Multi-source online transfer learning based on hybrid physics-data model for cross-condition tool health monitoring

Abstract

Prognostic maintenance (PM) aims to monitor the running status and promptly detect potential failures to improve the availability and productivity of the equipment. The dimensional accuracy and surface integrity of the machined parts are directly influenced by the cutting tools. Thus, tool health monitoring (THM) is crucial to ensure the optimal in-service performance of the parts. Nevertheless, the variability of operating conditions, including milling parameters, workpiece materials, etc., typically results in insufficient fault data to train the model for new conditions, thus presenting a challenge in predicting the remaining useful life (RUL) of cutting tools. To address the above issue, this study proposes a multi-source online transfer learning framework for predicting the RUL of cutting tools cross various operating conditions. A source selection strategy is initially proposed to filter the source conditions that contribute to the target modeling from the numerous candidate operating conditions.

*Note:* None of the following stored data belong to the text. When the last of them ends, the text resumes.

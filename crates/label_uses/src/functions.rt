//! The innermost function that holds each node.
ghost use Rattle.std.specs.Prelude.{◌≡◌, IfOk};
ghost use Rattle.label_uses.specs.Parents.{at, inside, IsTree, AreFunctions};

use crate::parts::{all_same, give};
use go_tree::{Node, is_function};
use gv_base::NoMemory;
use std::alloc::Global;

/// The number of a node, 0 past the nodes.
pub(crate) fn at(numbers: &[usize], n: usize) -> usize
    ensures { result ≡ at numbers.now n }
{
    if n < numbers.len() { numbers[n] } else { 0 }
}

/// The innermost function that holds the parts of a node.
fn inside(functions: &[usize], p: usize, node: &Node) -> usize
    ensures { result ≡ inside functions.now p node.now }
{
    if is_function(node.kind) {
        return p;
    }
    at(functions, p)
}

/// The innermost function that holds each node, from the last node to the first. Nodes outside functions have the number of all nodes.
pub(crate) fn functions_of(alloc: Global, nodes: &[Node]) -> Result<Vec<usize>, NoMemory>
    requires { IsTree nodes.now }
    ensures { IfOk result (λ functions. AreFunctions nodes.now functions.items) }
{
    let mut functions = all_same(alloc, nodes.len(), nodes.len())?;
    let mut left = nodes.len();
    while left > 0 {
        left -= 1;
        let node = &nodes[left];
        let function = inside(&functions, left, node);
        give(&mut functions, node.parts.as_slice(), function);
    }
    Ok(functions)
}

Then, online transfer learning is employed to transfer valuable knowledge from source domains to target domains while updating the target data online to reflect the actual machining scene. In contrast to the traditional transfer learning approaches, this study utilizes a hybrid physics-data model as the base learner to improve the predictive precision of the RUL in the future scenarios. The results demonstrate its generalizability and flexibility in accurately tracking tool degradation status, and the prediction accuracy of the RUL reaches more than 93 % in various target operating conditions. This study provides reliable technical support for THM in machining actual complex components.